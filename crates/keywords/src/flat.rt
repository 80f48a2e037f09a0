// The keyword test for a loop over characters: the table flattened once into bounds that are lent,
// and the ranges of the letters lent.
ghost use Rattle.std.specs.Prelude.{◌≡◌, ◌+◌, ◌≤◌, length, take};
ghost use Rattle.letters.specs.Letters.{LetterRanges};
ghost use Rattle.keywords.specs.Table.{kept};
ghost use Rattle.keywords.specs.Flat.{flat, padded, any_alpha, within, flat_holds};

use crate::KeywordSpec;

// Two bounds for each token, both ends in; for one that is no range, two that hold nothing. The
// places after them are 0.
pub fn bounds_of(spec: KeywordSpec) -> [u32; 256]
    requires { spec.len ≤ 128 }
    ensures { result ≡ padded (flat (kept spec)) }
{
    let mut bounds = [0u32; 256];
    for (i, t) in spec.tokens[..spec.len].iter().enumerate() {
        bounds[i + i] = t.low();
        bounds[i + i + 1] = t.high();
    }
    bounds
}

// Whether a token holds every letter.
pub fn letters_of(spec: KeywordSpec) -> bool
    requires { spec.len ≤ 128 }
    ensures { result ≡ any_alpha (kept spec) }
{
    for t in &spec.tokens[..spec.len] {
        if t.kind == 1 {
            return true;
        }
    }
    false
}

// Whether one of the first n pairs of bounds holds c.
pub fn in_bounds(bounds: &[u32], n: usize, c: u32) -> bool
    requires { n + n ≤ length bounds.now }
    ensures { result ≡ within (take (n + n) bounds.now) c }
{
    for i in 0..n {
        let lo = bounds[i + i];
        let hi = bounds[i + i + 1];
        if (lo <= c) & (c <= hi) {
            return true;
        }
    }
    false
}

// Whether c is in one of the first n pairs of bounds or, where `alphabetic`, a letter.
pub fn holds(
    bounds: &[u32],
    n: usize,
    alphabetic: bool,
    starts: &[u32],
    lengths: &[u16],
    c: u32,
) -> bool
    requires { (n + n ≤ length bounds.now) × LetterRanges starts.now lengths.now }
    ensures { result ≡ flat_holds (take (n + n) bounds.now) alphabetic c }
{
    if !alphabetic {
        return in_bounds(bounds, n, c);
    }
    if letters::letter_in(starts, lengths, c) {
        return true;
    }
    in_bounds(bounds, n, c)
}
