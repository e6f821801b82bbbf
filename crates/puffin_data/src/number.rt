//! Decimal numbers in texts.

ghost use Rattle.std.specs.Prelude.{◌≡◌, ◌^◌};
ghost use Rattle.puffin_data.specs.Number.{number_below};

/// Parses a decimal number below `2^64`. Unlike `str::parse`, it takes no sign.
pub fn parse_number(word: &str) -> Option<u64>
    ensures { result ≡ number_below (2 ^ 64) word.now }
{
    if word.starts_with('+') {
        return None;
    }
    word.parse::<u64>().ok()
}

§ Exercise instructions:
The lines to return are those holding the string "crates" anywhere in the listing above.

§ Your response:
filename crates/keywords/src/flat.rt
filename crates/puffin_data/src/number.rt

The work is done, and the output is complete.